To ascertain the exact percolation threshold (denoted by f_c) in the above-determined vicinity range of 5 ∼ 8 wt%, percolation theory was recalled [43, 44], in which σ of the sensor is defined as

$$\begin{eqnarray}&&\sigma \propto {(f-{f}_{c})}^{t}\;,\;{\rm{when}}\;\;f\gt {f}_{c}\end{eqnarray} \tag{ 1 }$$

where f signifies the fraction of conductive nanofillers (namely, the CB in this study) obtained from a series of measurements, f_c is the percolation threshold to be determined, and t is the critical exponent depending on the nanofiller-formed conductive network. Using equation (1), f_c was derived by applying a linear fitting on a series of measured σ and f pairs (as seen in the log–log plot in the insert of figure 2). Upon the linear fitting, f_c and t of the fabricated nanocomposite hybrid were found to be ∼6.5 wt% and 1.6, respectively.

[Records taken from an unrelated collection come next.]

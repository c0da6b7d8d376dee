// How many channels there are, each of them once, and the segments of the LFE.
use crate::sheets::{each, edited, extended, judge, one_channel, six_channels};
use std::io;

pub(crate) fn counts(rt: &impl Print) -> io::Result<()> {
    one_channel(rt, "nfchans 0", &[(4, 0)])?;
    one_channel(rt, "nfchans 2, one record", &[(4, 2)])?;
    one_channel(rt, "lfe 1, no record of the LFE", &[(5, 1)])?;
    six_channels(rt, "nfchans 4, six records", &[(4, 4)])?;
    six_channels(rt, "nfchans 6", &[(4, 6)])?;
    six_channels(rt, "nfchans 255", &[(4, 255)])?;
    extended(rt, "no record", 0, 10, 0, 12)?;
    extended(rt, "eleven bytes", 0, 9, 0, 11)
}

pub(crate) fn each_once(rt: &impl Print) -> io::Result<()> {
    each(rt, "first record's channel", 12, &[0, 1, 2, 3, 255])?;
    each(rt, "last record's channel", 61, &[0, 1, 2, 3, 255])?;
    edited(rt, "channel n, lfe 0", &[(5, 0)])?;
    one_channel(rt, "channel n alone, lfe 0", &[(12, 1)])?;
    judge(
        rt,
        "channel 0 twice, none missing",
        b"\x00\x20\x01\x00\x01\x00\x00\x00\x00\x00\x00\x00\
        \x00\x25\x01\x00\x00\x00\x00\x00\x00\x00\x00\
        \x00\x25\x01\x00\x00\x00\x00\x00\x00\x00\x00",
    )?;
    judge(
        rt,
        "channels 0 and 1",
        b"\x00\x20\x01\x00\x02\x00\x00\x00\x00\x00\x00\x00\
        \x00\x25\x01\x00\x00\x00\x00\x00\x00\x00\x00\
        \x01\x25\x01\x00\x00\x00\x00\x00\x00\x00\x00",
    )?;
    judge(
        rt,
        "channels 1 and 0",
        b"\x00\x20\x01\x00\x02\x00\x00\x00\x00\x00\x00\x00\
        \x01\x25\x01\x00\x00\x00\x00\x00\x00\x00\x00\
        \x00\x25\x01\x00\x00\x00\x00\x00\x00\x00\x00",
    )
}

// The LFE has no segment.
pub(crate) fn lfe(rt: &impl Print) -> io::Result<()> {
    judge(
        rt,
        "LFE with a segment",
        b"\x00\x23\x01\x00\x01\x01\x00\x00\x00\x00\x00\x00\
        \x00\x25\x01\x00\x00\x00\x00\x00\x00\x00\x00\
        \x01\x07\x01\x00\x00\x00\x00\x00\x00\x00\x01\x00\x00\x00",
    )?;
    judge(
        rt,
        "LFE without a segment",
        b"\x00\x20\x01\x00\x01\x01\x00\x00\x00\x00\x00\x00\
        \x00\x25\x01\x00\x00\x00\x00\x00\x00\x00\x00\
        \x01\x07\x01\x00\x00\x00\x00\x00\x00\x00\x00",
    )
}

2.2.2. Morphological characterization

To gain an insight into the nanoscalar architecture of the formed CB conductive network when the sensor is subject to elastic disturbance, morphological characterization was implemented on the hybrid using scanning electron microscopy (SEM) (JSM-7500F, JEOL Ltd). First, the hybrid was fractured into small-sized samples (with a thickness of ∼200 μm for each) in liquid nitrogen. Sputter coating was applied on the cryofractured surface of each sample with a thin layer of gold. The obtained SEM images, at several representative CB weight ratios, are displayed in figure 3. It can be observed that CB nanofillers are dispersed in PVDF randomly and evenly throughout all the weight ratios, this implying a good fabrication process of the sensor. In particular, at the determined percolation threshold (∼6.5 wt%), figure 3(b), it is apparent that a substantial number of conductive paths have been created in the CB network owing to dramatically increased connections between the CB nanofillers and their aggregations. This yields an instantaneous transition from the insulative to conductive status of the sensor, compared with other cases in which the CB contents are below the percolation threshold (e.g., figure 3(a)). On the other hand, with higher CB weight contents beyond the percolation threshold (e.g., 20 wt% in figure 3(c), and 30 wt% in figure 3(d)), the CB network is densified and the CB nanofillers tend to be saturated in the matrix; no significant increase in conductivity can be measured in comparison with the case at ∼6.5 wt%. These observations from SEM images coincide with the percolation threshold of ∼6.5 wt% previously determined using the percolation theory.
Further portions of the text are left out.